**WHAT YOU NEED TO DO**
Copy out all of the data that follows, exactly as it appears.

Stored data
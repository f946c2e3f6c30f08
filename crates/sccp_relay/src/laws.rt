//! Laws of translation tables, for whoever keeps one. Each function states its law in its contract, and does nothing.

ghost use Rattle.std.specs.Prelude.{◌≡◌, ℕ, List, Ok};
ghost use Rattle.settings.specs.Configuration.{TitleEntry};
ghost use Rattle.sccp_codec.specs.declared.title.TitleKey.{TitleKey};
ghost use Rattle.sccp_relay.specs.Rows.{IsOrdered};
ghost use Rattle.sccp_relay.specs.Translation.{IsTranslation, translation};
ghost use Rattle.sccp_relay.specs.Laws.{added_stands, added_leaves, removed_is_gone, removed_leaves};
ghost use Rattle.sccp_relay.specs.Led as led;

/// An address has at most one translation, and it is the one that a table in its order gives.
pub fn one_translation()
    ensures { (rows : List TitleEntry) (key : TitleKey) (digits : List ℕ) (row : TitleEntry) → IsOrdered rows
        → IsTranslation rows key digits row → translation rows key digits ≡ Ok row }
{}

/// An added row is at its place, and every other row stays.
pub fn adding_a_row_leaves_the_others()
    ensures own { added_stands }
    ensures others { added_leaves }
{}

/// A removed row is gone, and every other row stays.
pub fn removing_a_row_leaves_the_others()
    ensures own { removed_is_gone }
    ensures others { removed_leaves }
{}

/// A message that goes on keeps the class or the return cause, the data, the optional parameters and the selection of
/// the one that came, and its title, unless the row changes that. Its addresses read at the point where the row leads
/// as they should (Q.714 §2.3, §2.4, §2.7). Besides, only an SSA goes on, in the place of an SST about a subsystem that
/// is here (Q.714 §5.3.4).
pub fn what_goes_on_reads_back()
    ensures { led.what_goes_on_reads_back }
{}

/// A UDTS returns a UDT that asked for it, an XUDTS an XUDT, and nothing else is returned: with the addresses exchanged
/// and the same data. To an address by subsystem number it goes to the point that this names, or where the message came
/// from, and never to a subsystem that is prohibited there (§2.3); to one by title, where the row of the title leads
/// (Q.714 §4.2).
pub fn a_udts_returns_a_udt()
    ensures { led.a_udts_returns_a_udt }
{}

/// However the rows of nodes lead to each other, an extended message goes on 14 times at most (Q.714 §2.3.1).
pub fn loops_of_titles_end()
    ensures { led.loops_of_titles_end }
{}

**SOLUTION**
repository f946c2e3f6c30f08
filename crates/sccp_relay/src/laws.rt
//! Laws of translation tables, for whoever keeps one. Each function states its law in its contract, and does nothing.

ghost use Rattle.std.specs.Prelude.{◌≡◌, ℕ, List, Ok};
ghost use Rattle.settings.specs.Configuration.{TitleEntry};
ghost use Rattle.sccp_codec.specs.declared.title.TitleKey.{TitleKey};
ghost use Rattle.sccp_relay.specs.Rows.{IsOrdered};
ghost use Rattle.sccp_relay.specs.Translation.{IsTranslation, translation};
ghost use Rattle.sccp_relay.specs.Laws.{added_stands, added_leaves, removed_is_gone, removed_leaves};
ghost use Rattle.sccp_relay.specs.Led as led;

/// An address has at most one translation, and it is the one that a table in its order gives.
pub fn one_translation()
    ensures { (rows : List TitleEntry) (key : TitleKey) (digits : List ℕ) (row : TitleEntry) → IsOrdered rows
        → IsTranslation rows key digits row → translation rows key digits ≡ Ok row }
{}

/// An added row is at its place, and every other row stays.
pub fn adding_a_row_leaves_the_others()
    ensures own { added_stands }
    ensures others { added_leaves }
{}

/// A removed row is gone, and every other row stays.
pub fn removing_a_row_leaves_the_others()
    ensures own { removed_is_gone }
    ensures others { removed_leaves }
{}

/// A message that goes on keeps the class or the return cause, the data, the optional parameters and the selection of
/// the one that came, and its title, unless the row changes that. Its addresses read at the point where the row leads
/// as they should (Q.714 §2.3, §2.4, §2.7). Besides, only an SSA goes on, in the place of an SST about a subsystem that
/// is here (Q.714 §5.3.4).
pub fn what_goes_on_reads_back()
    ensures { led.what_goes_on_reads_back }
{}

/// A UDTS returns a UDT that asked for it, an XUDTS an XUDT, and nothing else is returned: with the addresses exchanged
/// and the same data. To an address by subsystem number it goes to the point that this names, or where the message came
/// from, and never to a subsystem that is prohibited there (§2.3); to one by title, where the row of the title leads
/// (Q.714 §4.2).
pub fn a_udts_returns_a_udt()
    ensures { led.a_udts_returns_a_udt }
{}

/// However the rows of nodes lead to each other, an extended message goes on 14 times at most (Q.714 §2.3.1).
pub fn loops_of_titles_end()
    ensures { led.loops_of_titles_end }
{}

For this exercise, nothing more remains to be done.